> **WHAT TO WORK ON**
Below are the records. State how many of their lines contain "places", with nothing else.

> **TASK INPUT**
ghost use Rattle.binding_laws.specs.Fitting.{ConditionsFit, GivenFit, OperandsFit, PushedFit};

/// An operand that is bound has its kind, and its columns lie in their items.
pub fn operands_fit()
    ensures { OperandsFit }
{}

/// In a condition that is bound the columns lie in their items, and sides that are compared are of kinds
/// that may be compared.
pub fn conditions_fit()
    ensures { ConditionsFit }
{}

/// So do they where NOT is pushed inwards, or where values stand in the places of parameters.
pub fn rewritten_conditions_fit()
    ensures pushed { PushedFit }
    ensures given { GivenFit }
{}
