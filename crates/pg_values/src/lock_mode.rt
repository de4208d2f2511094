ghost use Rattle.std.specs.Prelude.{◌≡◌, ◌<◌};
ghost use Rattle.pg_values.specs.Modes.{rank, conflicting, conflicts, every_mode};

/// A mode of locks on tables, from the weakest to the strongest.
#[derive(Clone, Copy, Debug, PartialEq, Eq)]
pub enum LockMode {
    AccessShare,
    RowShare,
    RowExclusive,
    ShareUpdateExclusive,
    Share,
    ShareRowExclusive,
    Exclusive,
    AccessExclusive,
}

impl LockMode {
    /// All modes, the weakest first.
    pub fn every() -> &'static [LockMode]
        ensures { result.now ≡ every_mode }
    {
        &[
            LockMode::AccessShare,
            LockMode::RowShare,
            LockMode::RowExclusive,
            LockMode::ShareUpdateExclusive,
            LockMode::Share,
            LockMode::ShareRowExclusive,
            LockMode::Exclusive,
            LockMode::AccessExclusive,
        ]
    }

    /// Its place among the modes.
    pub fn rank(self) -> usize
        ensures is { result ≡ rank self }
        ensures small { result < 8 }
    {
        self as usize
    }

    /// The modes that it conflicts with.
    pub fn conflicting(self) -> &'static [LockMode]
        ensures { result.now ≡ conflicting self }
    {
        match self {
            LockMode::AccessShare => &[LockMode::AccessExclusive],
            LockMode::RowShare => &[LockMode::Exclusive, LockMode::AccessExclusive],
            LockMode::RowExclusive => &[
                LockMode::Share,
                LockMode::ShareRowExclusive,
                LockMode::Exclusive,
                LockMode::AccessExclusive,
            ],
            LockMode::ShareUpdateExclusive => &[
                LockMode::ShareUpdateExclusive,
                LockMode::Share,
                LockMode::ShareRowExclusive,
                LockMode::Exclusive,
                LockMode::AccessExclusive,
            ],
            LockMode::Share => &[
                LockMode::RowExclusive,
                LockMode::ShareUpdateExclusive,
                LockMode::ShareRowExclusive,
                LockMode::Exclusive,
                LockMode::AccessExclusive,
            ],
            LockMode::ShareRowExclusive => &[
                LockMode::RowExclusive,
                LockMode::ShareUpdateExclusive,
                LockMode::Share,
                LockMode::ShareRowExclusive,
                LockMode::Exclusive,
                LockMode::AccessExclusive,
            ],
            LockMode::Exclusive => &[
                LockMode::RowShare,
                LockMode::RowExclusive,
                LockMode::ShareUpdateExclusive,
                LockMode::Share,
                LockMode::ShareRowExclusive,
                LockMode::Exclusive,
                LockMode::AccessExclusive,
            ],
            LockMode::AccessExclusive => LockMode::every(),
        }
    }

    /// Whether the two modes conflict.
    pub fn conflicts(self, other: LockMode) -> bool
        ensures { result ≡ conflicts self other }
    {
        let mut any = false;
        for mode in self.conflicting() {
            any |= mode.rank() == other.rank();
        }
        any
    }
}

/// Modes conflict both ways.
pub fn conflicts_are_mutual()
    ensures { (a b : LockMode) → conflicts a b ≡ conflicts b a }
{}
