/// The isolation level of a transaction (13.2 Transaction Isolation). READ UNCOMMITTED behaves as READ COMMITTED,
/// but a statement that sets the one does not set the other.
#[derive(Clone, Copy, Debug, PartialEq, Eq)]
pub enum Isolation {
    ReadCommitted,
    ReadUncommitted,
    RepeatableRead,
}
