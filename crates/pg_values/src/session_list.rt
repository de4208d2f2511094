ghost use Rattle.std.specs.Prelude.{◌≡◌, ◌≤◌, ◌<◌, ◌++◌, ◌∷◌, [], take, false, slice_get};
ghost use Rattle.std.specs.List.{IsDistinct, list_any};
ghost use Rattle.std.specs.Prelude.{nat_eq};
ghost use Rattle.std.proofs.Props.{props};
ghost use Rattle.pg_values.specs.Numbers.{AreBelow65};

/// A list of sessions, each at most once, as in a cycle of waits. It takes no memory: there are 65
/// sessions, so no list is longer.
#[derive(Clone, Copy)]
pub struct SessionList {
    places: [u8; 65],
    count: usize,
    ghost within: { count ≤ 65 },
    ghost apart: { IsDistinct nat_eq (take count places) } by { Prim.hlevel props },
    ghost small: { AreBelow65 (take count places) },
}

impl SessionList {
    ghost use Rattle.pg_values.specs.Lists.{listed};

    /// No session.
    pub fn empty() -> Self
        ensures { listed result ≡ [] }
    {
        SessionList {
            places: [0; 65],
            count: 0,
        }
    }

    /// The session at the place, and none past the end.
    pub fn at(&self, i: usize) -> Option<u32>
        ensures { result ≡ slice_get (listed self.now) i }
    {
        if i < self.count {
            Some(self.places[i] as u32)
        } else {
            None
        }
    }

    /// The list with the session behind the others.
    pub fn with(self, session: u32) -> Self
        requires small { session < 65 }
        requires new { list_any (nat_eq session) (listed self) ≡ false }
        ensures { listed result ≡ listed self ++ session ∷ [] }
    {
        let mut places = self.places;
        places[self.count] = session as u8;
        SessionList {
            places,
            count: self.count + 1,
        }
    }
}
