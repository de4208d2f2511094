/// How the rows of a partitioned table are shared out: PARTITION BY RANGE, LIST or HASH (5.11.2 Declarative
/// Partitioning).
#[derive(Clone, Copy, Debug, PartialEq, Eq)]
pub enum Strategy {
    Range,
    List,
    Hash,
}
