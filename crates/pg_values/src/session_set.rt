ghost use Rattle.std.specs.Prelude.{◌≡◌, ◌<◌, ◌≤◌, ◌^◌, ◌==◌, ◌&&◌, ◌||◌, not, ℕ, Bool, true, false, IfSome, None};
ghost use Rattle.std.specs.Prelude.{nat_eq};
ghost use Rattle.std.specs.List.{list_any};
ghost use Rattle.pg_values.specs.Sets.{has, sessions, empty, without, nobody};

/// A set of sessions, as the bits of two machine words.
#[derive(Clone, Copy, Debug, PartialEq, Eq)]
pub struct SessionSet {
    bits: u128,
}

impl SessionSet {
    /// No session.
    pub fn empty() -> Self
        ensures has { (k : ℕ) → has result k ≡ false }
        ensures is { result ≡ empty }
    {
        SessionSet { bits: 0 }
    }

    /// Whether no session is in it.
    pub fn is_empty(self) -> bool
        ensures is { (p : ℕ → Bool) → ((k : ℕ) → has self k ≡ p k) → result ≡ nobody p }
        ensures none { result ≡ true → (k : ℕ) → has self k ≡ false }
        ensures some { result ≡ false → (k : ℕ) × (k < 128) × (has self k ≡ true) }
    {
        self.bits == 0
    }

    fn has_bit(self, session: u32) -> bool
        ensures { result ≡ has self session }
    {
        session < 128 && (self.bits >> session) & 1 == 1
    }

    /// Whether the session is in it.
    pub fn has(&self, session: u32) -> bool
        ensures is { result ≡ has self.now session }
        ensures listed { session < 128 → result ≡ list_any (nat_eq session) (sessions self.now) }
    {
        self.has_bit(session)
    }

    /// The set with the session.
    pub fn with(self, session: u32) -> Self
        requires { session < 128 }
        ensures { (k : ℕ) → has result k ≡ ((k == session) || has self k) }
    {
        SessionSet {
            bits: self.bits | (1 << session),
        }
    }

    /// The set without the session.
    pub fn without(self, session: u32) -> Self
        requires { session < 128 }
        ensures has { (k : ℕ) → has result k ≡ (not (k == session) && has self k) }
        ensures is { result ≡ without self session }
    {
        SessionSet {
            bits: self.bits & !(1 << session),
        }
    }

    /// The sessions that are in one of the two sets, or in both.
    pub fn union(self, other: Self) -> Self
        ensures { (k : ℕ) → has result k ≡ (has self k || has other k) }
    {
        SessionSet {
            bits: self.bits | other.bits,
        }
    }

    /// The sessions that are in both sets.
    pub fn meet(self, other: Self) -> Self
        ensures { (k : ℕ) → has result k ≡ (has self k && has other k) }
    {
        SessionSet {
            bits: self.bits & other.bits,
        }
    }

    /// Whether the other set has all its sessions.
    pub fn is_within(self, other: Self) -> bool
        ensures all { result ≡ true → (k : ℕ) → has self k ≡ true → has other k ≡ true }
        ensures some { result ≡ false → (k : ℕ) × (k < 128) × (has self k ≡ true) × (has other k ≡ false) }
    {
        self.bits & !other.bits == 0
    }

    /// The session with the least number.
    pub fn least(self) -> Option<u32>
        ensures found { IfSome result (λ k. (k < 128) × (has self k ≡ true) × ((j : ℕ) → j < k → has self j ≡ false)) }
        ensures none { result ≡ None → (k : ℕ) → has self k ≡ false }
    {
        if self.bits == 0 {
            None
        } else {
            Some(self.bits.trailing_zeros())
        }
    }
}
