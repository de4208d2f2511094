//! What the binder gives fits the tables of its statement.
//!
//! Every column lies in its FROM item, the two sides of each comparison are of kinds that may be compared,
//! and what an output or a setting computes is of the kind that it is told to have. These are laws on
//! the definitions that `expression_binder` and `sql_binder` answer by; the functions only state them.
//!
//! What a statement asks for fits its tables, whenever the binder gives it.
//!
//! In a SELECT each output has the kind that it is told to have, in an INSERT each row has a value of its
//! column's kind, or null, for each column, in an UPDATE each new value may be assigned to its column; and in
//! every condition columns lie in their items and sides that are compared are of kinds that may be compared.
//! What rows are sorted by is there, and no column is set twice. A condition fits as well once NOT is pushed inwards and
//! arguments stand in the places of parameters.
//! These are laws on the definitions that the binders answer by; the functions only state them.
#![tactic(auto)]

mod ask_laws;
mod laws;

pub use ask_laws::{changes_fit, columns_come_once, inserts_fit, orders_fit, selects_fit};
pub use laws::{conditions_fit, operands_fit, rewritten_conditions_fit};
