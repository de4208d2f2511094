ghost use Rattle.std.specs.Prelude.{◌≡◌};
ghost use Rattle.pg_values.specs.Words.{which_word};

/// What there are too many of.
#[derive(Clone, Copy, Debug, PartialEq, Eq)]
pub enum Which {
    Statements,
    Tables,
    Columns,
    KeyColumns,
    TablesInFrom,
    Partitions,
    Levels,
    BytesOfAName,
    BytesOfAText,
    NestedExpressions,
    Versions,
    BytesOfRows,
    Tuples,
    BytesOfTuples,
    Scans,
    Commands,
    Sessions,
    Steps,
    Permutations,
    SetupBlocks,
    Uses,
    Markers,
}

impl Which {
    /// The word for it, as a fault tells it.
    pub fn word(self) -> &'static [u8]
        ensures { result.now ≡ which_word self }
    {
        match self {
            Which::Statements => b"statements",
            Which::Tables => b"tables",
            Which::Columns => b"columns",
            Which::KeyColumns => b"key columns",
            Which::TablesInFrom => b"tables in FROM",
            Which::Partitions => b"partitions",
            Which::Levels => b"levels",
            Which::BytesOfAName => b"bytes of a name",
            Which::BytesOfAText => b"bytes of a text",
            Which::NestedExpressions => b"nested expressions",
            Which::Versions => b"versions",
            Which::BytesOfRows => b"bytes of rows",
            Which::Tuples => b"tuples",
            Which::BytesOfTuples => b"bytes of tuples",
            Which::Scans => b"scans",
            Which::Commands => b"commands",
            Which::Sessions => b"sessions",
            Which::Steps => b"steps",
            Which::Permutations => b"permutations",
            Which::SetupBlocks => b"setup blocks",
            Which::Uses => b"uses",
            Which::Markers => b"markers",
        }
    }
}
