/// The number of a table.
#[derive(Clone, Copy, Debug, PartialEq, Eq)]
pub struct TableNo {
    pub number: u32,
}

/// The number of a leaf, which holds rows.
#[derive(Clone, Copy, Debug, PartialEq, Eq)]
pub struct LeafId {
    pub number: u32,
}

/// The number of a row version.
#[derive(Clone, Copy, Debug, PartialEq, Eq)]
pub struct RowId {
    pub number: u64,
}
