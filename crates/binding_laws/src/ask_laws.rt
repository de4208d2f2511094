ghost use Rattle.binding_laws.specs.FittingAsks.{ChangesFit, ChangesOnce, InsertsFit, InsertsOnce, OrdersFit, SelectsFit};

/// What a SELECT asks for fits the items of its FROM.
pub fn selects_fit()
    ensures { SelectsFit }
{}

/// What an INSERT asks for fits its table.
pub fn inserts_fit()
    ensures { InsertsFit }
{}

/// What an UPDATE or a DELETE asks for fits its table.
pub fn changes_fit()
    ensures { ChangesFit }
{}

/// What rows are sorted by is there.
pub fn orders_fit()
    ensures { OrdersFit }
{}

/// No column is set twice.
pub fn columns_come_once()
    ensures inserts { InsertsOnce }
    ensures changes { ChangesOnce }
{}
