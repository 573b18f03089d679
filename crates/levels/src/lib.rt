// The table of counts beside a list, one for each window of every level: definitions, in specs/, and their theorems, in proofs/. No code.
#![tactic(auto)]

> **EXPECTED OUTPUT**
10